## What is being asked
Select from the records below every line that has the word "FeatureState" in it.
[Start of section]
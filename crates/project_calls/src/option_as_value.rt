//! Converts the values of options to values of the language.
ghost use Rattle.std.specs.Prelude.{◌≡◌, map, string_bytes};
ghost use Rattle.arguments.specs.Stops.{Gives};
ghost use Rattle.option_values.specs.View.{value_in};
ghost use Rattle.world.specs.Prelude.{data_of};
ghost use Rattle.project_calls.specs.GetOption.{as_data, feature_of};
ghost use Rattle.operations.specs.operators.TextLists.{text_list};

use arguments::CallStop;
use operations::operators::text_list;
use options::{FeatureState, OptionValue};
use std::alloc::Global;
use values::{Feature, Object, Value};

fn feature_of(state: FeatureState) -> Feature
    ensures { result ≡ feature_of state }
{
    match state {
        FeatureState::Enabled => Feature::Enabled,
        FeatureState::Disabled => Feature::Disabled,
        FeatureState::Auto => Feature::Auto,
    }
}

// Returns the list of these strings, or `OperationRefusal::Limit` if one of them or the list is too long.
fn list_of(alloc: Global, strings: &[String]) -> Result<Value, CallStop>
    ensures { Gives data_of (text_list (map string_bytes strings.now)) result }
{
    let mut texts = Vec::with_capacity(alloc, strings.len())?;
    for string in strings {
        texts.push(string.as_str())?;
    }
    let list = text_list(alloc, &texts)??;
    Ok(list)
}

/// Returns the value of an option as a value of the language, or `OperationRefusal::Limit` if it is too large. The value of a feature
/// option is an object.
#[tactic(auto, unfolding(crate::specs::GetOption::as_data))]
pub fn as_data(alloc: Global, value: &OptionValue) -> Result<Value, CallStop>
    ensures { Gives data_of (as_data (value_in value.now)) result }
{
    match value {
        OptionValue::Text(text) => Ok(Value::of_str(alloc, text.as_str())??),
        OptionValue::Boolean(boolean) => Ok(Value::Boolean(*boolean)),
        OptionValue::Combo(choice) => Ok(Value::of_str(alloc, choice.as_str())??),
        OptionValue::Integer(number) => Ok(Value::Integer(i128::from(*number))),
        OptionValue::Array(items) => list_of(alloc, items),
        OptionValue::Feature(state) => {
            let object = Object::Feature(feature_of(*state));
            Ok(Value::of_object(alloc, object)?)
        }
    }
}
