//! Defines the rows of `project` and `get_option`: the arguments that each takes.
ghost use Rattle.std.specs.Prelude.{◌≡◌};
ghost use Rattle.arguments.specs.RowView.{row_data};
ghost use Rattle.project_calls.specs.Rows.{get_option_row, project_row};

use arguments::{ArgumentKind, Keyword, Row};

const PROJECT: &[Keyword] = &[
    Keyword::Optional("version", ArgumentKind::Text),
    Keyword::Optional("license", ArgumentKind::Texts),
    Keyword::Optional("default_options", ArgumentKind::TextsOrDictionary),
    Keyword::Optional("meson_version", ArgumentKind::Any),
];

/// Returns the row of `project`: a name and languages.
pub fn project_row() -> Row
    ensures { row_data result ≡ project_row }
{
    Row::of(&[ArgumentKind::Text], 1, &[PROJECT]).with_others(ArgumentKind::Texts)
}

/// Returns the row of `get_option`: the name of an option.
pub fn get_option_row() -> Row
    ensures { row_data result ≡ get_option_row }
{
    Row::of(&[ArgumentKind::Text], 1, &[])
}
[End of section]
[Start of section]
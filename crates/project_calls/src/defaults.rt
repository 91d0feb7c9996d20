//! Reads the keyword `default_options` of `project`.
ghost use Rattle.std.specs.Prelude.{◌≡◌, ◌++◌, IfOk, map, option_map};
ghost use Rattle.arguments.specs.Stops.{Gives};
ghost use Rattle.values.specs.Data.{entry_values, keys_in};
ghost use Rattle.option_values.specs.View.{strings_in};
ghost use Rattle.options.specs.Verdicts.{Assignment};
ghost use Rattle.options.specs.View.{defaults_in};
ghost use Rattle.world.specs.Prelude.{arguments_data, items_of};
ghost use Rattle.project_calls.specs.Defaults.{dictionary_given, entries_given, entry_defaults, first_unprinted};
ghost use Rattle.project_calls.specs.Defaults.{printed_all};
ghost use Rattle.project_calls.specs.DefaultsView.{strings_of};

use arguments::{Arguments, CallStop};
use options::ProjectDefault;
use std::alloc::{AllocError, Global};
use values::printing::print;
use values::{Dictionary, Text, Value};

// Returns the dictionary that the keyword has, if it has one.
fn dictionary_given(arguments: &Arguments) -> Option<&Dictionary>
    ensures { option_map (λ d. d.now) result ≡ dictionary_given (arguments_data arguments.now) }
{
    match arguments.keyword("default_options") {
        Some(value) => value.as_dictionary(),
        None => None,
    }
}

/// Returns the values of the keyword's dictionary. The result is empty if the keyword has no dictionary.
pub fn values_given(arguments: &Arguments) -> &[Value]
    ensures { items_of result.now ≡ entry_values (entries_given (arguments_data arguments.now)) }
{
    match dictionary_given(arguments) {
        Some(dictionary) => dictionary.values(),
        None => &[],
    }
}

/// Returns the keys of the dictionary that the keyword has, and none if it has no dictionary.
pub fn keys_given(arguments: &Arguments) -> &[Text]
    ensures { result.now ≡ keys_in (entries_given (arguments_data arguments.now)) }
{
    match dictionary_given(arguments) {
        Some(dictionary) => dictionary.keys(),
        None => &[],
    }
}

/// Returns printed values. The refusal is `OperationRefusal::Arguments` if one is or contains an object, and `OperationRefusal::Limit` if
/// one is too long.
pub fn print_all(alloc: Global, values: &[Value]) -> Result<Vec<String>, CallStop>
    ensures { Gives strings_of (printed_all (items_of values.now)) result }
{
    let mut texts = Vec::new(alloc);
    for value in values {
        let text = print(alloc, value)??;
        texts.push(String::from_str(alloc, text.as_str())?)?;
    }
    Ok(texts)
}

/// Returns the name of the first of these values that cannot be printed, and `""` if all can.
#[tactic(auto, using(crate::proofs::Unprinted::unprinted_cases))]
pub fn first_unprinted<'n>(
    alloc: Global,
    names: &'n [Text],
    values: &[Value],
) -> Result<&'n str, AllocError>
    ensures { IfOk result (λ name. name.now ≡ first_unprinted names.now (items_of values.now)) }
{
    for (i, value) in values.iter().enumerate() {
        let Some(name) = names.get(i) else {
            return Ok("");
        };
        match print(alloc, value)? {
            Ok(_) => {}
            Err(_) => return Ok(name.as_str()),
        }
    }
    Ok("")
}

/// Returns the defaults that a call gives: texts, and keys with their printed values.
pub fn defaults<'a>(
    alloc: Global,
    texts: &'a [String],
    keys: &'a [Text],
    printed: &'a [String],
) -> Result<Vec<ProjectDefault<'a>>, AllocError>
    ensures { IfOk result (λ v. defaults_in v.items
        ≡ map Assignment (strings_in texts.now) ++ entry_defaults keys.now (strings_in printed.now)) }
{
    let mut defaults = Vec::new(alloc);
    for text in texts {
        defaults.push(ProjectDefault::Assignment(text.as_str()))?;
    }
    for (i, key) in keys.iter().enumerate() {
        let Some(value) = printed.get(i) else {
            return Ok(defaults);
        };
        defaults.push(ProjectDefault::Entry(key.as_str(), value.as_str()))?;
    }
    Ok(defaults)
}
[End of section]
## Solution to this problem
use options::{FeatureState, OptionValue};
fn feature_of(state: FeatureState) -> Feature
        FeatureState::Enabled => Feature::Enabled,
        FeatureState::Disabled => Feature::Disabled,
        FeatureState::Auto => Feature::Auto,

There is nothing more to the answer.